▸ **GIVEN ENTRIES**:
ghost use Rattle.std.specs.Prelude.{◌≤◌, length, IfOk};
ghost use Rattle.c_parser.specs.Formed.{AreOrderly};
ghost use Rattle.c_tokens.specs.Reading.{Answers};

use c_tokens::{Token, TokenFault, tokens};
use std::alloc::Global;
use wv_base::Seq;

/// The tokens of a program of allowed length, one after the other.
pub fn program_tokens(alloc: Global, program: &[u8]) -> Result<Seq<Token>, TokenFault>
    requires { length program.now ≤ 1048576 }
    ensures found { Answers program.now result }
    ensures orderly { IfOk result AreOrderly }
{
    match tokens(alloc, program) {
        Ok(found) => Ok(found),
        Err(fault) => Err(fault),
    }
}
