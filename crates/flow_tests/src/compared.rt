// The runs of a program under each budget, by the interpreter and by machines.
use crate::runs::{Watched, choices, plain, stepped};
use c_core::Program;
use c_meaning::{Choices, End};
use flow_machine::{Code, compile};
use std::alloc::Global;
use wv_base::OutOfMemory;

// The sizes of the parts that machines get a budget in.
const PARTS: [u64; 6] = [1, 2, 3, 7, 10, 1000000];

/// How many runs of machines were tried, how many of them differ from the interpreter's, and how the last one ends,
/// with how many steps.
#[derive(Clone, Copy)]
pub struct Found {
    pub tried: u64,
    pub wrong: u64,
    pub end: End,
    pub steps: u64,
}

// The machines' runs with a budget, beside the interpreter's.
fn compare_at(
    alloc: Global,
    code: &Code,
    choices: &Choices,
    budget: u32,
    expected: &Watched,
    found: &mut Found,
) -> Result<(), OutOfMemory> {
    for part in PARTS {
        let run = stepped(alloc, code, choices, part, budget)?;
        found.tried = found.tried.saturating_add(1);
        if !run.is(expected) {
            found.wrong = found.wrong.saturating_add(1);
        }
    }
    Ok(())
}

/// Each budget below this one, up to the first with which the run has ended.
pub fn compare(alloc: Global, program: &Program, budget: u32) -> Result<Found, OutOfMemory> {
    let choices = choices(alloc)?;
    let code = compile(alloc, program)?;
    let mut found = Found {
        tried: 0,
        wrong: 0,
        end: End::Spent,
        steps: 0,
    };
    for budget in 0..budget {
        let expected = plain(alloc, program, &choices, u64::from(budget))?;
        compare_at(alloc, &code, &choices, budget, &expected, &mut found)?;
        found.end = expected.run.end;
        found.steps = expected.run.steps;
        if expected.run.end != End::Spent {
            break;
        }
    }
    Ok(found)
}
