// A witness that is made, in its canonical form.
ghost use Rattle.std.specs.Prelude.{IfOk};
ghost use Rattle.wv_schema.specs.Canonical.{tree_of};
ghost use Rattle.wv_yaml.specs.Canon.{Fits};
ghost use Rattle.wv_yaml.specs.Document.{max_depth};
ghost use Rattle.witval.specs.Writing.{IsWritten};

use crate::output::Output;
use crate::refusal::refuse_plainly;
use std::alloc::Global;
use wv_base::{OutOfMemory, Seq};
use wv_schema::{Witness, tree_of};
use wv_yaml::write;

/// The limit of a witness that is read, in bytes.
const LONG: usize = 1048576;

/// The canonical form of a witness, or the refusal of one that is too large.
pub fn write_witness(alloc: Global, witness: &Witness) -> Result<Output, OutOfMemory>
    requires { Fits max_depth (tree_of witness.now) }
    ensures { IfOk result (IsWritten witness.now) }
{
    let tree = tree_of(alloc, witness)?;
    let text = write(alloc, &tree)?;
    if text.len() > LONG {
        return Ok(Output::Report(refuse_plainly(alloc, "too-large")?));
    }
    Ok(Output::Canonical(Seq::from_vec(text)))
}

▸ **WORK TASK**:
Scan the material above and copy every line that holds the string "refusal".

▸ **OUTPUT**:
use crate::refusal::refuse_plainly;
/// The canonical form of a witness, or the refusal of one that is too large.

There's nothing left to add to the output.